December 12, 2023 at 11:53AM
A critical unauthenticated RCE bug in the Backup Migration plug-in for WordPress, tracked as CVE-2023-6553, allows threat actors to execute arbitrary PHP code and compromise sites. Wordfence blocked 39 attacks targeting this vulnerability, prompting a patch release by BackupBliss. All versions up to 1.3.7 are vulnerable; users should update to version 1.3.8 immediately.
The meeting notes highlight a critical vulnerability in the Backup Migration plugin for WordPress, allowing unauthenticated threat actors to execute code and compromise sites. This has prompted a timely response from security researchers and the development community, resulting in the discovery, reporting, and patching of the CVE-2023-6553. The vulnerability’s severity is rated 9.8 on the CVSS scale, and it poses a significant risk to WordPress sites using any version of the Backup Migration plugin up to and including 1.3.7. It’s crucial for site administrators to update the plugin to the patched version, 1.3.8, immediately.
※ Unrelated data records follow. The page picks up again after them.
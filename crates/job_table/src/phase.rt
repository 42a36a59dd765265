ghost use Rattle.std.specs.Prelude.{◌≡◌};
ghost use Rattle.job_table.specs.Table.{is_waiting, is_out, is_ended};
ghost use Rattle.job_table.specs.Job.{is_here, phase_after};

/// A `Phase` is the state of a job.
#[derive(Clone, Copy, Debug, PartialEq, Eq)]
pub enum Phase {
    /// A turn of it may be taken.
    Waiting,
    /// A worker holds its turn, for at most this number of nodes.
    Out(u64),
    /// It was cancelled, and a worker still holds its turn.
    Leaving(u64),
    /// It holds no quanta, and its search is not over.
    Dry,
    /// Its search is over.
    Closed,
    /// It was cancelled, and no worker holds its turn.
    Cancelled,
}

impl Phase {
    /// Whether a turn may be taken.
    pub fn is_waiting(self) -> bool
        ensures { result ≡ is_waiting self }
    {
        self == Phase::Waiting
    }

    /// Whether a turn is out.
    pub fn is_out(self) -> bool
        ensures { result ≡ is_out self }
    {
        match self {
            Phase::Out(_) | Phase::Leaving(_) => true,
            _ => false,
        }
    }

    /// Whether the job has ended.
    pub fn is_ended(self) -> bool
        ensures { result ≡ is_ended self }
    {
        match self {
            Phase::Closed | Phase::Cancelled => true,
            _ => false,
        }
    }

    /// Whether a job in this phase holds its search.
    pub fn is_here(self) -> bool
        ensures { result ≡ is_here self }
    {
        match self {
            Phase::Waiting | Phase::Dry => true,
            _ => false,
        }
    }

    /// The phase after a turn: `closed` if its search is over, which then holds `left` quanta.
    pub fn after(self, closed: bool, left: u64) -> Phase
        ensures { result ≡ phase_after self closed left }
    {
        if let Phase::Leaving(_) = self {
            Phase::Cancelled
        } else if closed {
            Phase::Closed
        } else if left == 0 {
            Phase::Dry
        } else {
            Phase::Waiting
        }
    }
}
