//! One connection: its requests are read, called and answered in their order.
ghost use Rattle.std.specs.Prelude.{◌≡◌, ◌<◌, ℕ, true, length};
ghost use Rattle.watched_io.specs.Failure.{IsNoted};
ghost use Rattle.farm_core.specs.Command.{event_of, IsFresh};
ghost use Rattle.farm_session.specs.TillDesk.{tills_of, HasLeasedOne, HasLeasedIn};
ghost use Rattle.farm_session.specs.Ready.{MakesFresh};
ghost use Rattle.farm_session.specs.Routed.{IsKnown};
ghost use Rattle.farm_service.specs.Asked.{IsCallAnswered};
ghost use Rattle.farm_service.specs.Batch.{IsEmptyBatch};
ghost use Rattle.farm_service.specs.Session.{stand, is_end, IsPartOfSession, IsSession};
ghost use Rattle.farm_service.specs.Told.{IsToldOf};
ghost use Rattle.farm_core.specs.Tills.{AreTillsOf};

use crate::batch::{Batch, MOST_TOGETHER, gather, tell_all};
use crate::shared::Shared;
use crate::signal::WorkSignal;
use crate::wire::Ahead;
use farm_core::{Command, Reply};
use farm_session::{Ready, Routed, TillDesk, Workshop, command_of};
use session_lines::{Said, WriteFault, write_reply};
use std::io::{BufRead, Write};
use std::sync::Wait;
use watched_io::Watch;

/// A `SessionIo` is what a connection keeps between its requests.
#[derive(Drop)]
struct SessionIo<I, O> {
    reads: Watch<I>,
    writes: Watch<O>,
    batch: Batch,
}

impl<I, O> SessionIo<I, O> {
    fn new(batch: Batch) -> SessionIo<I, O>
        ensures reads { result.reads ≡ 0 }
        ensures writes { result.writes ≡ 0 }
        ensures batch { result.batch ≡ batch }
    {
        SessionIo {
            reads: Watch::new(),
            writes: Watch::new(),
            batch,
        }
    }
}

/// A `Service` is what each connection needs: the pool, the signal to its workers, and the workshop.
#[derive(Drop)]
pub(crate) struct Service<'a, 'c, R, D, M> {
    pub(crate) rt: &'a R,
    pub(crate) shared: &'a D,
    pub(crate) signal: &'a WorkSignal,
    pub(crate) shop: Workshop<'c, M>,
}

/// Gives the signal after a submit or a fund, since a job may wait then.
fn call<D: Shared, R: Wait, M>(
    service: &Service<'_, '_, R, D, M>,
    token: &mut D::Token,
    tenant: u32,
    command: Command<D::Search>,
) -> Reply
    requires own { D.owns service.now.shared.now token.old }
    requires known { tenant < length (D.config service.now.shared.now).tenants }
    requires fresh { IsFresh D.means tenant command }
    ensures own { D.owns service.now.shared.now token.new }
    ensures told { D.tells service.now.shared.now
        token.old tenant (event_of command) result token.new }
{
    let is_work = matches!(command, Command::Submit { .. } | Command::Fund { .. });
    let reply = service.shared.call(token, tenant, command);
    if is_work {
        service.signal.notify(service.rt);
    }
    reply
}

fn answer<D: Shared, R: Wait, M: Fn(Ready) -> Option<D::Search>>(
    service: &Service<'_, '_, R, D, M>,
    token: &mut D::Token,
    till_desks: &mut [TillDesk<'_>],
    tenant: u32,
    asked: Command<()>,
) -> Said
    requires own { D.owns service.now.shared.now token.old }
    requires config { D.config service.now.shared.now ≡ service.now.shop.config.now }
    requires known { tenant < length service.now.shop.config.now.tenants }
    requires tills { AreTillsOf service.now.shop.config.now (tills_of till_desks.old) }
    requires make { M.IsAlwaysCallable service.now.shop.make.now }
    requires fresh { MakesFresh D.means D.leases (M.post service.now.shop.make.now) }
    ensures own { D.owns service.now.shared.now token.new }
    ensures said { IsCallAnswered (D.tells service.now.shared.now token.old tenant)
        token.old (event_of asked) result token.new }
    ensures leased { HasLeasedOne (M.post service.now.shop.make.now)
        service.now.shop.config.now tenant asked till_desks.old till_desks.new }
{
    match command_of(&service.shop, till_desks, tenant, asked) {
        Some(command) => Said::Reply(call(service, token, tenant, command)),
        None => Said::Reply(Reply::NoMemory),
    }
}

/// Writes nothing if the input is over or cannot be read.
fn reply<D: Shared, R: Wait, W: Write, M: Fn(Ready) -> Option<D::Search>>(
    service: &Service<'_, '_, R, D, M>,
    token: &mut D::Token,
    till_desks: &mut [TillDesk<'_>],
    writer: &mut W,
    watch: &mut Watch<W>,
    routed: Routed<Command<()>>,
) -> Result<(), WriteFault>
    requires own { D.owns service.now.shared.now token.old }
    requires config { D.config service.now.shared.now ≡ service.now.shop.config.now }
    requires tills { AreTillsOf service.now.shop.config.now (tills_of till_desks.old) }
    requires known { IsKnown service.now.shop.config.now routed }
    requires make { M.IsAlwaysCallable service.now.shop.make.now }
    requires fresh { MakesFresh D.means D.leases (M.post service.now.shop.make.now) }
    ensures own { D.owns service.now.shared.now token.new }
    ensures told { IsToldOf (D.tells service.now.shared.now) token.old routed result
        (W.contents writer.old)
        (W.contents writer.new)
        token.new }
    ensures leased { HasLeasedIn (M.post service.now.shop.make.now)
        service.now.shop.config.now routed till_desks.old till_desks.new }
    ensures noted { IsNoted result watch.old watch.new }
{
    match routed {
        Routed::End | Routed::ReadFailed => Ok(()),
        Routed::Answered(who, said) => write_reply(writer, watch, who, &said),
        Routed::Asked(tenant, who, asked) => {
            let said = answer(service, token, till_desks, tenant, asked);
            write_reply(writer, watch, Some(who), &said)
        }
    }
}

fn is_end(routed: &Routed<Command<()>>) -> bool
    ensures { result ≡ is_end routed.now }
{
    matches!(routed, Routed::End | Routed::ReadFailed)
}

/// Reads queries as long as a further one was read ahead, answers them in one turn of the farm's
/// lock, and then answers the request that ended the batch. Whether the session goes on: it ends
/// with the input, or if a read or a write fails.
fn serve_next<D: Shared, R: Wait, I: BufRead + Ahead, O: Write, M: Fn(Ready) -> Option<D::Search>>(
    service: &Service<'_, '_, R, D, M>,
    token: &mut D::Token,
    till_desks: &mut [TillDesk<'_>],
    reader: &mut I,
    writer: &mut O,
    io: &mut SessionIo<I, O>,
) -> bool
    requires own { D.owns service.now.shared.now token.old }
    requires config { D.config service.now.shared.now ≡ service.now.shop.config.now }
    requires tills { AreTillsOf service.now.shop.config.now (tills_of till_desks.old) }
    requires make { M.IsAlwaysCallable service.now.shop.make.now }
    requires fresh { MakesFresh D.means D.leases (M.post service.now.shop.make.now) }
    requires empty { IsEmptyBatch io.old.batch }
    ensures own { D.owns service.now.shared.now token.new }
    ensures tills { AreTillsOf service.now.shop.config.now (tills_of till_desks.new) }
    ensures empty { result ≡ true → IsEmptyBatch io.new.batch }
    ensures served { IsPartOfSession service.now.shop.config.now
        (D.tells service.now.shared.now)
        (M.post service.now.shop.make.now)
        (stand token.old till_desks.old
        (I.remaining reader.old) (O.contents writer.old)
        io.old.reads io.old.writes)
        result
        (stand token.new till_desks.new
        (I.remaining reader.new) (O.contents writer.new)
        io.new.reads io.new.writes) }
{
    let (alloc, config) = (service.shop.alloc, service.shop.config);
    let (reads, batch) = (&mut io.reads, &mut io.batch);
    let last = gather(alloc, config, reader, reads, batch, MOST_TOGETHER);
    let queries = batch.queries.as_slice();
    service.shared.ask_all(token, queries, &mut batch.replies);
    batch.turn();
    if !tell_all(batch, writer, &mut io.writes) {
        return false;
    }
    let Some(routed) = last else {
        return true;
    };
    let is_end = is_end(&routed);
    let told = reply(service, token, till_desks, writer, &mut io.writes, routed);
    !is_end && told.is_ok()
}

/// Answers requests until the input ends, or until a read or a write fails.
pub(crate) fn session<
    D: Shared,
    R: Wait,
    I: BufRead + Ahead,
    O: Write,
    M: Fn(Ready) -> Option<D::Search>,
>(
    service: &Service<'_, '_, R, D, M>,
    token: &mut D::Token,
    till_desks: &mut [TillDesk<'_>],
    reader: &mut I,
    writer: &mut O,
    batch: Batch,
)
    requires own { D.owns service.now.shared.now token.old }
    requires config { D.config service.now.shared.now ≡ service.now.shop.config.now }
    requires tills { AreTillsOf service.now.shop.config.now (tills_of till_desks.old) }
    requires make { M.IsAlwaysCallable service.now.shop.make.now }
    requires fresh { MakesFresh D.means D.leases (M.post service.now.shop.make.now) }
    requires empty { IsEmptyBatch batch }
    ensures own { D.owns service.now.shared.now token.new }
    ensures served { (reads : ℕ) × (writes : ℕ) × IsSession service.now.shop.config.now
        (D.tells service.now.shared.now)
        (M.post service.now.shop.make.now)
        (stand token.old till_desks.old (I.remaining reader.old) (O.contents writer.old) 0 0)
        (stand token.new till_desks.new
        (I.remaining reader.new) (O.contents writer.new) reads writes) }
{
    let mut io = SessionIo::new(batch);
    for _ in service.rt.forever() {
        if !serve_next(service, token, till_desks, reader, writer, &mut io) {
            return;
        }
    }
    unreachable!()
}
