//! Jobs: what is known of a search, and the search unless it is out or over.
ghost use Rattle.std.specs.Prelude.{◌≡◌, ◌+◌, ◌-◌, ◌≤◌, ◌↔◌, IsTrue, IsFalse, Some, None, IfSome, OnSome, IfNone, IfOk, is_some, false, true, option_map, if◌then◌else◌};
ghost use Rattle.std.specs.Option.{option_copied};
ghost use Rattle.mrcpsp.specs.Project.{size, is_project};
ghost use Rattle.mrcpsp.specs.Schedule.{makespan};
ghost use Rattle.strategy.specs.Outcome.{best_after, is_closed, verdict_after};
ghost use Rattle.quanta_till.specs.Lease.{after_draw};
ghost use Rattle.strategy.specs.Search.{Meaning, funded};
ghost use Rattle.job_table.specs.Table.{JobData};
ghost use Rattle.job_table.specs.Job.{fresh_search, is_turn, is_here, phase_after, IsOwn};
ghost use Rattle.job_table.specs.Lent.{search_of, returned, with_work, in_phase, LacksOwn, HasDrawn};

use crate::Phase;
use crate::best::Best;
use mrcpsp::{Schedule, makespan};
use quanta_till::LEASE_LIMIT;
use std::alloc::{AllocError, Global};
use std::marker::Model;
use strategy::{Plan, Strategy, Verdict, same_plan};

/// A `Work` is a job without its number and phase: its plan, and what its search has shown. It
/// holds the search unless that is out or over.
#[derive(Drop)]
pub struct Work<J> {
    plan: Plan,
    nodes: u64,
    left: u64,
    best: Best,
    makespan: Option<u32>,
    verdict: Verdict,
    search: Option<J>,
}

impl<J> Model for Work<J> {
    ghost use Rattle.job_table.specs.Lent.{WorkData};
    ghost use Rattle.job_table.specs.Job.{IsSound};

    ghost Value = { WorkData J };

    ghost view = { λ w. record { plan = w.plan; nodes = w.nodes; left = w.left; search = w.search } };

    ghost invariant = { λ w. IsSound w.plan w.nodes w.best w.makespan w.verdict };
}

/// A `Job` is a number, a phase and a [`Work`].
#[derive(Drop)]
pub struct Job<J> {
    seq: u64,
    phase: Phase,
    work: Work<J>,
}

impl<J> Model for Job<J> {
    ghost use Rattle.std.specs.Prelude.{is_some};
    ghost use Rattle.job_table.specs.Table.{JobData};

    ghost Value = { JobData };

    ghost view = { λ j. record {
      seq = j.seq;
      plan = j.work.plan;
      phase = j.phase;
      nodes = j.work.nodes;
      left = j.work.left;
      here = is_some j.work.search;
    } };
}

fn agrees<S: Strategy>(search: &S, tenant: u32, plan: &Plan, nodes: u64, left: u64) -> bool
    ensures { IsTrue result
        ↔ ((S.meaning search.now
        ≡ record { tenant = tenant; plan = plan.now; nodes = nodes; left = left; taken = false })
        × (is_closed plan.now nodes ≡ false)) }
{
    !search.closed()
        && search.tenant() == tenant
        && search.nodes() == nodes
        && search.left() == left
        && same_plan(search.plan(), plan)
}

/// Whether `search` may be submitted: it has run nothing, holds nothing, and is of `tenant` and
/// `plan`.
pub fn is_fresh<S: Strategy>(search: &S, tenant: u32, plan: &Plan) -> bool
    ensures { IsTrue result ↔ (S.meaning search.now ≡ fresh_search tenant plan.now) }
{
    // Shows the prover that `plan.project` is a project, as each of its readers does.
    plan.project.activities();
    agrees(search, tenant, plan, 0, 0)
}

fn fund_own<S: Strategy>(
    search: &mut S,
    tenant: u32,
    plan: &Plan,
    nodes: u64,
    left: u64,
    quanta: u64,
) -> bool
    requires { nodes + left + quanta ≤ LEASE_LIMIT }
    ensures own { IsTrue result → S.meaning search.old
        ≡ record { tenant = tenant; plan = plan.now; nodes = nodes; left = left; taken = false } }
    ensures other { IsFalse result
        → S.meaning search.old
        ≡ record { tenant = tenant; plan = plan.now; nodes = nodes; left = left; taken = false }
        → is_closed plan.now nodes ≡ true }
    ensures going { IsTrue result → is_closed plan.now nodes ≡ false }
    ensures funded { IsTrue result → S.meaning search.new ≡ funded quanta (S.meaning search.old) }
    ensures drawn { IsTrue result → S.lease search.new ≡ after_draw (S.lease search.old) quanta }
    ensures kept { IsFalse result → search.new ≡ search.old }
{
    let own = agrees(search, tenant, plan, nodes, left);
    if own {
        search.fund(quanta);
    }
    own
}

fn is_turn(slice: u64, phase: Phase) -> bool
    ensures { result ≡ is_turn slice phase }
{
    match phase {
        Phase::Out(most) | Phase::Leaving(most) => most == slice,
        _ => false,
    }
}

impl<J: Strategy> Work<J> {
    #[tactic(auto, using(crate::proofs::JobLemmas::fresh_goes, crate::proofs::JobLemmas::sound_fresh))]
    fn new(
        alloc: Global,
        tenant: u32,
        plan: Plan,
        quanta: u64,
        mut search: J,
    ) -> Result<Work<J>, AllocError>
        requires limited { quanta ≤ LEASE_LIMIT }
        requires fresh { J.meaning search ≡ fresh_search tenant plan }
        ensures made { IfOk result
            (λ work. work ≡ record { plan = plan; nodes = 0; left = quanta; search = work.search }) }
        ensures drawn { IfOk result (λ work. HasDrawn J.meaning J.lease quanta (Some search) work.search) }
    {
        let best = Best::new(alloc, plan.project.activities().len())?;
        search.fund(quanta);
        Ok(Work {
            plan,
            nodes: 0,
            left: quanta,
            best,
            makespan: None,
            verdict: Verdict::Going,
            search: Some(search),
        })
    }
}

#[tactic(auto, using(crate::proofs::JobLemmas::best_shaped, crate::proofs::JobLemmas::best_moded))]
fn makespan_of(plan: &Plan, nodes: u64, best: Option<&Schedule>) -> Option<u32>
    requires planned { IsTrue (is_project plan.now.project) }
    requires best { option_copied best ≡ best_after plan.now nodes }
    ensures { result ≡ option_map (makespan plan.now.project) (best_after plan.now nodes) }
{
    match best {
        Some(schedule) => Some(makespan(&plan.project, schedule)),
        None => None,
    }
}

impl<J> Work<J> {
    fn best(&self) -> Option<&Schedule>
        ensures { option_copied result ≡ best_after self.now.plan self.now.nodes }
    {
        self.best.schedule()
    }

    fn makespan(&self) -> Option<u32>
        ensures { result ≡ option_map (makespan self.now.plan.project) (best_after self.now.plan self.now.nodes) }
    {
        self.makespan
    }

    fn verdict(&self) -> Verdict
        ensures { result ≡ verdict_after self.now.plan self.now.nodes }
    {
        self.verdict
    }
}

impl<J: Strategy> Work<J> {
    /// Hands the search out. `None` if it is not here, over, or of another tenant, plan, count of
    /// nodes or of quanta.
    pub fn send(&mut self, tenant: u32) -> Option<J>
        ensures own { IfSome result (λ search. self.old.search ≡ Some search) }
        ensures search { IfSome result (λ search. J.meaning search ≡ search_of tenant self.old) }
        ensures going { OnSome result (is_closed self.old.plan self.old.nodes ≡ false) }
        ensures sent { OnSome result (self.new ≡ record self.old { search = None }) }
        ensures refused { IfNone result (LacksOwn J.meaning tenant self.old) }
        ensures kept { IfNone result (self.new ≡ self.old) }
    {
        let search = self.search.take()?;
        if !agrees(&search, tenant, &self.plan, self.nodes, self.left) {
            self.search = Some(search);
            return None;
        }
        Some(search)
    }

    /// Takes over what `search` has shown, and returns the phase that follows a turn in `phase`. If
    /// no search is held in that phase, it drops this one with its quanta. Takes no memory.
    pub fn take_back(&mut self, search: J, phase: Phase) -> Phase
        requires plan { (J.meaning search).plan ≡ self.old.plan }
        requires best { (J.meaning search).taken ≡ false }
        ensures after { result ≡ phase_after phase (is_closed self.old.plan (J.meaning search).nodes) (J.meaning search).left }
        ensures returned { self.new ≡ returned (is_here result) search (J.meaning search) self.old }
    {
        let after = phase.after(search.closed(), search.left());
        self.best.copy(search.best());
        self.makespan = makespan_of(&self.plan, search.nodes(), search.best());
        self.verdict = search.verdict();
        self.nodes = search.nodes();
        if after.is_here() {
            self.left = search.left();
            self.search = Some(search);
        } else {
            self.give_up();
        }
        after
    }

    /// Drops the search with its quanta. Takes no memory.
    pub fn give_up(&mut self)
        ensures { self.new ≡ record self.old { left = 0; search = None } }
    {
        self.search = None;
        self.left = 0;
    }

    /// Draws more quanta for the search. Returns false if `send` would return `None`.
    pub fn fund(&mut self, tenant: u32, quanta: u64) -> bool
        requires { self.old.nodes + self.old.left + quanta ≤ LEASE_LIMIT }
        ensures funded { IsTrue result
            → self.new ≡ record self.old { left = self.old.left + quanta; search = self.new.search } }
        ensures drawn { IsTrue result → HasDrawn J.meaning J.lease quanta self.old.search self.new.search }
        ensures refused { IsFalse result → LacksOwn J.meaning tenant self.old }
        ensures kept { IsFalse result → self.new ≡ self.old }
    {
        let Some(mut search) = self.search.take() else {
            return false;
        };
        let own = fund_own(
            &mut search,
            tenant,
            &self.plan,
            self.nodes,
            self.left,
            quanta,
        );
        if own {
            self.left += quanta;
        }
        self.search = Some(search);
        own
    }
}

impl<J> Job<J> {
    ghost use Rattle.std.specs.Borrow.{Lends, sem};
    ghost use Rattle.job_table.specs.contracts.job.Job.{the_row};
    ghost use Rattle.job_table.specs.Rows.{work_row};

    /// The job's number.
    pub fn seq(&self) -> u64
        ensures { result ≡ self.now.seq }
    {
        self.seq
    }

    /// What is searched, and how.
    pub fn plan(&self) -> &Plan
        ensures { result.now ≡ self.now.plan }
    {
        &self.work.plan
    }

    /// The phase that it is in.
    pub fn phase(&self) -> Phase
        ensures { result ≡ self.now.phase }
    {
        self.phase
    }

    /// The nodes that were run and paid.
    pub fn nodes(&self) -> u64
        ensures { result ≡ self.now.nodes }
    {
        self.work.nodes
    }

    /// The quanta that it holds.
    pub fn left(&self) -> u64
        ensures { result ≡ self.now.left }
    {
        self.work.left
    }

    /// The best schedule of its plan after its nodes.
    pub fn best(&self) -> Option<&Schedule>
        ensures { option_copied result ≡ best_after self.now.plan self.now.nodes }
    {
        self.work.best()
    }

    /// The makespan of that schedule, in periods.
    pub fn makespan(&self) -> Option<u32>
        ensures { result ≡ option_map (makespan self.now.plan.project) (best_after self.now.plan self.now.nodes) }
    {
        self.work.makespan()
    }

    /// What its search has shown after its nodes.
    pub fn verdict(&self) -> Verdict
        ensures { result ≡ verdict_after self.now.plan self.now.nodes }
    {
        self.work.verdict()
    }

    pub(crate) fn set_phase(&mut self, phase: Phase)
        ensures { self.new ≡ in_phase phase self.old }
    {
        self.phase = phase;
    }

    pub(crate) fn work_mut(&mut self) -> &mut Work<J>
        ensures* writes_back { sem 𝓛 (Lends (the_row J.row) (work_row J.row) self.entry result (λ work. with_work work self.old)) }
        ensures value { with_work result.now self.old ≡ self.old }
    {
        &mut self.work
    }
}

impl<J: Strategy> Job<J> {
    /// A job that waits, with `quanta` in its search. An error is want of memory.
    pub fn new(
        alloc: Global,
        tenant: u32,
        seq: u64,
        plan: Plan,
        quanta: u64,
        search: J,
    ) -> Result<Job<J>, AllocError>
        requires limited { quanta ≤ LEASE_LIMIT }
        requires fresh { J.meaning search ≡ fresh_search tenant plan }
        ensures { IfOk result
            (λ job. job ≡ record { seq = seq; plan = plan; phase = Phase.Waiting; nodes = 0; left = quanta; here = true }) }
    {
        Ok(Job {
            seq,
            phase: Phase::Waiting,
            work: Work::new(alloc, tenant, plan, quanta, search)?,
        })
    }

    /// Whether `search` is this job's, after `ran` nodes of a turn for at most `slice`.
    pub fn is_own(&self, tenant: u32, slice: u64, ran: u64, search: &J) -> bool
        ensures { IsTrue result ↔ IsOwn tenant slice ran (J.meaning search.now) self.now }
    {
        let (nodes, left) = (search.nodes(), search.left());
        is_turn(slice, self.phase)
            && search.tenant() == tenant
            && ran <= nodes
            && nodes - ran == self.work.nodes
            && left <= self.work.left
            && self.work.left - left == ran
            && same_plan(search.plan(), &self.work.plan)
    }
}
Wordfence blocked 39 attacks targeting the vulnerability within 24 hours, indicating active exploitation in the wild. Furthermore, the recent launch of a bug-bounty program by Wordfence has already seen positive engagement, with 270 vulnerability researchers registering and nearly 130 submissions in its first month. The response from Nex Team, who discovered the vulnerability and reported it to Wordfence’s program, led to the prompt release of a patch and a monetary reward.
The broader context emphasizes the prevalence of security risks associated with flawed plugins in the WordPress ecosystem, with attackers exploiting vulnerabilities to target millions of potentially vulnerable sites. This underlines the importance of vigilant security practices and the proactive patching of known vulnerabilities to mitigate these risks.
In conclusion, site administrators should take immediate action to update the Backup Migration plugin and educate others about the severity of the issue, as it presents a significant risk to the security of WordPress sites.